Your assignment | Return every line of the records that includes the string "lent".

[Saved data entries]
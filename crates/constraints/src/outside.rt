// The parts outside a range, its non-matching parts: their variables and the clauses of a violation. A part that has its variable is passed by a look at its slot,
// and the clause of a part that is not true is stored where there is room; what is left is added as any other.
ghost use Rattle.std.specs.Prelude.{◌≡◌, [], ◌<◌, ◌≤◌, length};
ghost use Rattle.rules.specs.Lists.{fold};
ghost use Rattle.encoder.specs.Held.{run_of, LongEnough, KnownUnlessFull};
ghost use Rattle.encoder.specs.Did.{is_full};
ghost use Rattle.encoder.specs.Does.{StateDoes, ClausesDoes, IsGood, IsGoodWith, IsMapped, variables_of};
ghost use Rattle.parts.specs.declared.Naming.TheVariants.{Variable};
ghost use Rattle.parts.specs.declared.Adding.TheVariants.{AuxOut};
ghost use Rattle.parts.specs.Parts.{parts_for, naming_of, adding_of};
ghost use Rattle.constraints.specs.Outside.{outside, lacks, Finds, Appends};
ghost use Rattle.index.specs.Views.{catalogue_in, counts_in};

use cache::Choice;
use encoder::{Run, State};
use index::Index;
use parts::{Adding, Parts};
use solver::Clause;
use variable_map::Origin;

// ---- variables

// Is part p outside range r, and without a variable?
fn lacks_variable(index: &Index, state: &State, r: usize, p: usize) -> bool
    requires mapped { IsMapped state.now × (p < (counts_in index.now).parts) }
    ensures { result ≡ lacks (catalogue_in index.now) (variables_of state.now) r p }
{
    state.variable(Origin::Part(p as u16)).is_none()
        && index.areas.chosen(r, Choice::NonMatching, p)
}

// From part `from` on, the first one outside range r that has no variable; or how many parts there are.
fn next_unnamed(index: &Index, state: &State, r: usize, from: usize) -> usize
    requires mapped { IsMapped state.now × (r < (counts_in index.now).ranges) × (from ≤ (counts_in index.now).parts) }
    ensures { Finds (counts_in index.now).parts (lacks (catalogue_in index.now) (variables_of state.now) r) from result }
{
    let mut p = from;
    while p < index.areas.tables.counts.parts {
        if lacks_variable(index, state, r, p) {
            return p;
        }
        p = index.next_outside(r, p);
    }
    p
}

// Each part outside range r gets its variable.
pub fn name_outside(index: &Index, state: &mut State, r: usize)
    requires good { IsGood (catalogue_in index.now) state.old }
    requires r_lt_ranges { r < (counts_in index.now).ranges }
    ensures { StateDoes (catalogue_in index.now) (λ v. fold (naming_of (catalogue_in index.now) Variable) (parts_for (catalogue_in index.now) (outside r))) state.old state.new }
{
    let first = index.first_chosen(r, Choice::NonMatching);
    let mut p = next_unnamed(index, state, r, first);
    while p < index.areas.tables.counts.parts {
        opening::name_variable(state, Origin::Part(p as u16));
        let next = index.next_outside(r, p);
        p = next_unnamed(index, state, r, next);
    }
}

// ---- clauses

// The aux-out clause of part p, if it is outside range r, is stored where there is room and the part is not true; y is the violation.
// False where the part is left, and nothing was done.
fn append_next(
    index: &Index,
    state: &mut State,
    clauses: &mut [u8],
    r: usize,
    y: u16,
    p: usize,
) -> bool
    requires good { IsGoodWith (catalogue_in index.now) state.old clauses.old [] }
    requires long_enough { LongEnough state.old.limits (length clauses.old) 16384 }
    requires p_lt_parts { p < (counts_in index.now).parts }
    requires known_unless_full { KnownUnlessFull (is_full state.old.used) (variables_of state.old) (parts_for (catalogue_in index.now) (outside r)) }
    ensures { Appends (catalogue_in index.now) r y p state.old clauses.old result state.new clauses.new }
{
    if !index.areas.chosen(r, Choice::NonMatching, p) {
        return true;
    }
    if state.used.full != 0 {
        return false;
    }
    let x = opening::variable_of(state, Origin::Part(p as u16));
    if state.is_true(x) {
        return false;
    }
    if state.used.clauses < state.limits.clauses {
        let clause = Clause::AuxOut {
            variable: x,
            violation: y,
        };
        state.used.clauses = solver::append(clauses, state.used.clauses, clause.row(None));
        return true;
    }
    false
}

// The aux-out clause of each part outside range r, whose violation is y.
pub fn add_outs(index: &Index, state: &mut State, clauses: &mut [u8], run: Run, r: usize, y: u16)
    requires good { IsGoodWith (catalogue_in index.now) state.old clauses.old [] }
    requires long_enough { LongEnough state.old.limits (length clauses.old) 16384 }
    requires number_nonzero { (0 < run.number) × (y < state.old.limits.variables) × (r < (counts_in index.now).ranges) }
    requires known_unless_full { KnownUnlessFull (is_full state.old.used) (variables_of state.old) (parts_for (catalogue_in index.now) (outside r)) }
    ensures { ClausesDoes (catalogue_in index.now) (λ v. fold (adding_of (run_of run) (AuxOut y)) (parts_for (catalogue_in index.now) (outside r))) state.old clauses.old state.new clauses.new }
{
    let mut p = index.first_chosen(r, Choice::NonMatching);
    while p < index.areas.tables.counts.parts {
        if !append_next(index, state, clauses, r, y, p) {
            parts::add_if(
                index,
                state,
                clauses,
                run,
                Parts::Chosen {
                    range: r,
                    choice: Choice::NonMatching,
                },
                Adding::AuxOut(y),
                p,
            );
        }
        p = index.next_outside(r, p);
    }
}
==
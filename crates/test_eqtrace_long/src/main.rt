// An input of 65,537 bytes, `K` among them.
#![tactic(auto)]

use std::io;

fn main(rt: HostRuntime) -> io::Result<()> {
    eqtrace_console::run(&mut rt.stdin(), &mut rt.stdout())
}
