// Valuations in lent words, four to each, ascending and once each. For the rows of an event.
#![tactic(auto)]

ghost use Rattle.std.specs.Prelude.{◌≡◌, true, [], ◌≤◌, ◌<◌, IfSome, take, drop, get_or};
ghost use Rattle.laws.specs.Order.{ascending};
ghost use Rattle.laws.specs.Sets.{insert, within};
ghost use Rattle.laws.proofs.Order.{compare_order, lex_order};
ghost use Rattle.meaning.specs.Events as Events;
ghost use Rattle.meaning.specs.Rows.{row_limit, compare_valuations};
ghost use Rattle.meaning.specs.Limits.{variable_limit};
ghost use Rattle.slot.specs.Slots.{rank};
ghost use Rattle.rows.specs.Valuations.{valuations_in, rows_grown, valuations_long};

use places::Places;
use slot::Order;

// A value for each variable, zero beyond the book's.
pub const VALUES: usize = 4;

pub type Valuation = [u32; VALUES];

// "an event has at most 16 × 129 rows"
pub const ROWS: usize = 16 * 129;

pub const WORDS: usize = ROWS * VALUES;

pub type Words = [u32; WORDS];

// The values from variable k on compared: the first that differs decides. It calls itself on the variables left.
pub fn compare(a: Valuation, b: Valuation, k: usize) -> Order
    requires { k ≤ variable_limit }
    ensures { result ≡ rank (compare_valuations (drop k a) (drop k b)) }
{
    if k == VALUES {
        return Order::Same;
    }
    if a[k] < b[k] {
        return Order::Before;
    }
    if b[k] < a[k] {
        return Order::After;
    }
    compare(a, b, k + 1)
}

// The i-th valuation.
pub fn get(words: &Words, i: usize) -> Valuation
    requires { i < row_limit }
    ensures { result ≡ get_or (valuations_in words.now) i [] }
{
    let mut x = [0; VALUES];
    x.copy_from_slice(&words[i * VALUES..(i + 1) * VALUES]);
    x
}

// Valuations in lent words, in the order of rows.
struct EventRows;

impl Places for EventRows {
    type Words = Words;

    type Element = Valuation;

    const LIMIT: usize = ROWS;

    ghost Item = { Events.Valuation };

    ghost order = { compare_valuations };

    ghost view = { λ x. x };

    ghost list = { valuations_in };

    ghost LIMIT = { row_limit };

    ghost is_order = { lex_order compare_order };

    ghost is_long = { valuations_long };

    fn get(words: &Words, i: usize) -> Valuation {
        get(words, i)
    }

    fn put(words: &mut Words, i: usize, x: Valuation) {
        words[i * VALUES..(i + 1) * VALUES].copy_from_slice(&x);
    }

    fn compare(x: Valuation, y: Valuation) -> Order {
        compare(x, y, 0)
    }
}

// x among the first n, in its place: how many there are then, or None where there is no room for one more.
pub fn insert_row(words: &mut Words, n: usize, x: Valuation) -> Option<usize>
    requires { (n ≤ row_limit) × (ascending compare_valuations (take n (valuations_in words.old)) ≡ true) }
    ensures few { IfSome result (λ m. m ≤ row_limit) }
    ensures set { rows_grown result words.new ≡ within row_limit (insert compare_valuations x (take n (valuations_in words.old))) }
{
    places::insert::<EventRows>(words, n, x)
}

Expected answer |
// Valuations in lent words, four to each, ascending and once each. For the rows of an event.
// Valuations in lent words, in the order of rows.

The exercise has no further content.